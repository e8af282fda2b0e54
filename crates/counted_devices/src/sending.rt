//! Sends a whole text to a writer, in as many writes as that takes, and stops at the first write that fails.

ghost use Rattle.std.specs.Prelude.{◌≡◌, ◌+◌, ◌-◌, ◌^◌, ◌<◌, OnOk, OnErr};
ghost use Rattle.std.specs.Io.KnownBytes.{Appends};
ghost use Rattle.counted_devices.specs.Device.{ReceivedPrefix};

use crate::devices::CountedWrite;

/// Why a text could not be sent.
#[derive(Clone, Copy, Debug, PartialEq, Eq)]
pub enum WriteFault {
    /// A write failed.
    Device,
}

/// Sends the whole text, in as many writes as the writer needs.
///
/// [`WriteFault::Device`] at the first write that fails: the writer has then received a prefix of
/// the text. It is not tried again, since a caller can't tell a slow device from a broken one.
///
/// `out` must have counted fewer than 2^64 - 1 failures, so that one more can be counted.
#[tactic(auto, using(crate::proofs::Pieces::sent_more, crate::proofs::Pieces::sent_all, crate::proofs::Pieces::sent_part))]
pub fn write_text<W: CountedWrite>(out: &mut W, text: &[u8]) -> Result<(), WriteFault>
    requires { W.failed out.old < 2 ^ 64 - 1 }
    ensures sent { OnOk result (Appends (W.contents out.old) (W.contents out.new) text.now) }
    ensures kept { OnOk result (W.failed out.new ≡ W.failed out.old) }
    ensures prefix { OnErr result
        (ReceivedPrefix (W.contents out.old) (W.contents out.new) text.now) }
    ensures counted { OnErr result (W.failed out.new ≡ W.failed out.old + 1) }
{
    let mut done = 0;
    while done < text.len() {
        let (_, rest) = text.split_at(done);
        done += out.write_once(rest).ok_or(WriteFault::Device)?;
    }
    Ok(())
}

Activity: Write the records above out again precisely.

Result:
repository e8af282fda2b0e54
filename crates/counted_devices/src/sending.rt
//! Sends a whole text to a writer, in as many writes as that takes, and stops at the first write that fails.

ghost use Rattle.std.specs.Prelude.{◌≡◌, ◌+◌, ◌-◌, ◌^◌, ◌<◌, OnOk, OnErr};
ghost use Rattle.std.specs.Io.KnownBytes.{Appends};
ghost use Rattle.counted_devices.specs.Device.{ReceivedPrefix};

use crate::devices::CountedWrite;

/// Why a text could not be sent.
#[derive(Clone, Copy, Debug, PartialEq, Eq)]
pub enum WriteFault {
    /// A write failed.
    Device,
}

/// Sends the whole text, in as many writes as the writer needs.
///
/// [`WriteFault::Device`] at the first write that fails: the writer has then received a prefix of
/// the text. It is not tried again, since a caller can't tell a slow device from a broken one.
///
/// `out` must have counted fewer than 2^64 - 1 failures, so that one more can be counted.
#[tactic(auto, using(crate::proofs::Pieces::sent_more, crate::proofs::Pieces::sent_all, crate::proofs::Pieces::sent_part))]
pub fn write_text<W: CountedWrite>(out: &mut W, text: &[u8]) -> Result<(), WriteFault>
    requires { W.failed out.old < 2 ^ 64 - 1 }
    ensures sent { OnOk result (Appends (W.contents out.old) (W.contents out.new) text.now) }
    ensures kept { OnOk result (W.failed out.new ≡ W.failed out.old) }
    ensures prefix { OnErr result
        (ReceivedPrefix (W.contents out.old) (W.contents out.new) text.now) }
    ensures counted { OnErr result (W.failed out.new ≡ W.failed out.old + 1) }
{
    let mut done = 0;
    while done < text.len() {
        let (_, rest) = text.split_at(done);
        done += out.write_once(rest).ok_or(WriteFault::Device)?;
    }
    Ok(())
}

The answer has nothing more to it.